Reputation: 4744
I have a DataFrame, df1
, which is a slice of df
. df
is multiindexed and has shape (8,)
. The slice removes some of the second level of df
. When I do df1.shape
it returns (4,)
- all good - but when I do df1.index.levels[0]
this returns (4,)
. How come this happens?
In [ ]:
arrays = [np.array(['bar', 'bar', 'baz', 'baz', 'foo', 'foo', 'qux', 'qux']),
np.array(['one', 'two', 'one', 'two', 'one', 'two', 'one', 'two'])]

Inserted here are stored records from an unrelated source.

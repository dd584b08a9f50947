//! Lists of moves as programs print them: on each line its entries alone, so that the lines keep their numbers.

ghost use Rattle.std.specs.Prelude.{◌≡◌, ◌↔◌, ◌<◌, ◌∷◌, ◌++◌, [], ℕ, List, IfOk, IsTrue, OnOk};
ghost use Rattle.std.specs.List.{join_with_byte};
ghost use Rattle.fc_sequences.specs.Pair.{hexadecimal};
ghost use Rattle.fc_lists.specs.Alone.{AreAlone, AreOnLines, AreSaid, AreWorded, IsSaid, IsSaidLine, IsSaidText, IsWorded, IsWordedLine, begins_saying, letters_alone, text_lines, told_text};
ghost use Rattle.fc_lists.specs.inner.Form.{IsLineEntry};

use crate::letter_lines::{
    LetterLines, is_in_letters, letter_lines, line_len, line_letters, push_letters,
};
use crate::told_entries::{ToldEntry, said_entry, told_entry};
use fc_sequences::print_pair;
use std::alloc::{AllocError, Global};

// How the lines of a text tell entries in words: as Freecell Solver does, or as the program does; and whether an entry may move
// several cards.
#[derive(Clone, Copy)]
pub(crate) enum Form {
    Sayings,
    InWords(bool),
}

/// The entries of a list, each on the line of the text where it stands; whether they may move several cards. Where lines of
/// the text tell moves in words, of the others those have entries that are entries in small letters, and nothing else.
///
/// # Errors
/// Want of memory.
pub fn entries_alone(alloc: Global, text: &[u8], has_sequences: bool) -> Result<Vec<u8>, AllocError>
    ensures alone { IfOk result (λ list. AreAlone has_sequences text.now list.items) }
{
    if is_said_text(text, has_sequences) {
        return told_alone(alloc, text, Form::Sayings);
    }
    if is_worded_text(text) {
        return told_alone(alloc, text, Form::InWords(has_sequences));
    }
    letters_alone(alloc, text, letter_lines(text, has_sequences))
}

// The entries of a text in letters, each on its line.
fn letters_alone(alloc: Global, text: &[u8], lines: LetterLines) -> Result<Vec<u8>, AllocError>
    ensures alone { IfOk result (λ list. list.items ≡ letters_alone lines text.now) }
{
    let mut list = Vec::new(alloc);
    let mut number = 0;
    let mut rest = text;
    while let Some(len) = line_len(rest) {
        push_letters(&mut list, lines, number, &rest[..len])?;
        list.push(b'\n')?;
        number += 1;
        rest = &rest[len + 1..];
    }
    push_letters(&mut list, lines, number, rest)?;
    Ok(list)
}

// The entries of a text that tells them in words, each on its line.
fn told_alone(alloc: Global, text: &[u8], form: Form) -> Result<Vec<u8>, AllocError>
    ensures alone { IfOk result (λ list. AreOnLines (IsLineEntry form) text.now list.items) }
{
    let mut list = Vec::new(alloc);
    let mut rest = text;
    while let Some(len) = line_len(rest) {
        push_entry(&mut list, form, &rest[..len])?;
        list.push(b'\n')?;
        rest = &rest[len + 1..];
    }
    push_entry(&mut list, form, rest)?;
    Ok(list)
}

// Appends the entry of a line.
fn push_entry(list: &mut Vec<u8>, form: Form, line: &[u8]) -> Result<(), AllocError>
    ensures pushed { OnOk result ((own : List ℕ) × IsLineEntry form line.now own × (list.new.items ≡ list.old.items ++ own)) }
{
    match form {
        Form::Sayings => push_saying(list, line),
        Form::InWords(has_sequences) => push_worded(list, line, has_sequences),
    }
}

// Appends the entry that a line tells as Freecell Solver does, or what it begins with, which is no entry.
fn push_saying(list: &mut Vec<u8>, line: &[u8]) -> Result<(), AllocError>
    ensures pushed { OnOk result ((own : List ℕ) × IsSaidLine line.now own × (list.new.items ≡ list.old.items ++ own)) }
{
    if !begins_saying(line) {
        return Ok(());
    }
    match said_entry(line) {
        Some(pair) => list.extend_from_slice(&print_pair(pair)),
        None => list.extend_from_slice(b"Move"),
    }
}

// Appends the entry that a line tells in words, or those in letters that it has.
fn push_worded(list: &mut Vec<u8>, line: &[u8], has_sequences: bool) -> Result<(), AllocError>
    ensures pushed { OnOk result ((own : List ℕ) × IsWordedLine has_sequences line.now own × (list.new.items ≡ list.old.items ++ own)) }
{
    if let Some(told) = told_entry(line) {
        return push_told(list, told, has_sequences);
    }
    if is_in_letters(line) {
        return list.extend_from_slice(line_letters(line));
    }
    Ok(())
}

// Appends an entry that a line tells in words: with how many cards it moves where that isn't plain, as a single card's number
// isn't where an entry may move several.
fn push_told(list: &mut Vec<u8>, told: ToldEntry, has_sequences: bool) -> Result<(), AllocError>
    requires few { told.count < 14 }
    ensures pushed { OnOk result (list.new.items ≡ list.old.items ++ told_text has_sequences told) }
{
    if told.count == 1 && !has_sequences {
        return list.extend_from_slice(&[told.from, told.to]);
    }
    list.extend_from_slice(&[told.from, told.to, b'v', count_digit(told.count)])
}

// How many cards are moved, in hexadecimal.
fn count_digit(count: u8) -> u8
    requires few { count < 14 }
    ensures value { result ≡ hexadecimal count }
{
    if count < 10 {
        b'0' + count
    } else {
        b'a' + (count - 10)
    }
}

// Whether Freecell Solver tells the entries of a text, as it may where an entry may move several cards.
fn is_said_text(text: &[u8], has_sequences: bool) -> bool
    ensures value { IsTrue result ↔ IsSaidText has_sequences text.now }
{
    has_sequences && are_said(text)
}

// Whether the first line that begins as Freecell Solver's do tells an entry.
fn are_said(text: &[u8]) -> bool
    ensures value { IsTrue result ↔ AreSaid (text_lines text.now) }
{
    let mut rest = text;
    while let Some(len) = line_len(rest) {
        let line = &rest[..len];
        if begins_saying(line) {
            return is_said(line);
        }
        rest = &rest[len + 1..];
    }
    begins_saying(rest) && is_said(rest)
}

// Whether a line begins as those do by which Freecell Solver tells an entry.
fn begins_saying(line: &[u8]) -> bool
    ensures value { result ≡ begins_saying line.now }
{
    line.starts_with(b"Move")
}

// Whether a line tells an entry as Freecell Solver does.
fn is_said(line: &[u8]) -> bool
    ensures value { IsTrue result ↔ IsSaid line.now }
{
    said_entry(line).is_some()
}

// Whether some line of a text tells an entry in words.
fn is_worded_text(text: &[u8]) -> bool
    ensures value { IsTrue result ↔ AreWorded (text_lines text.now) }
{
    let mut rest = text;
    while let Some(len) = line_len(rest) {
        if is_worded(&rest[..len]) {
            return true;
        }
        rest = &rest[len + 1..];
    }
    is_worded(rest)
}

// Whether a line tells an entry in words.
fn is_worded(line: &[u8]) -> bool
    ensures value { IsTrue result ↔ IsWorded line.now }
{
    told_entry(line).is_some()
}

df = pd.DataFrame(np.random.randn(8,2), index=arrays)
df
Out [ ]:
0 1
bar one -0.447155 -0.323073
two 0.115899 -0.015561
baz one -0.272498 1.847073
two -0.399948 -0.264327
foo one 0.169687 -1.708543
two 1.154434 0.878936
qux one 0.535721 0.437186
two -1.203431 0.568412
In [ ]:
df1=df[df[1]>0]
Out [ ]:
0 1
baz one -0.272498 1.847073
foo two 1.154434 0.878936
qux one 0.535721 0.437186
two -1.203431 0.568412
Now for the weird bit
In [ ]:
df1=df[df[1]>0]
print(df1.index.levels[0], df1.index.levels[0].shape)
Out [ ]:
Index(['bar', 'baz', 'foo', 'qux'], dtype='object') (4,)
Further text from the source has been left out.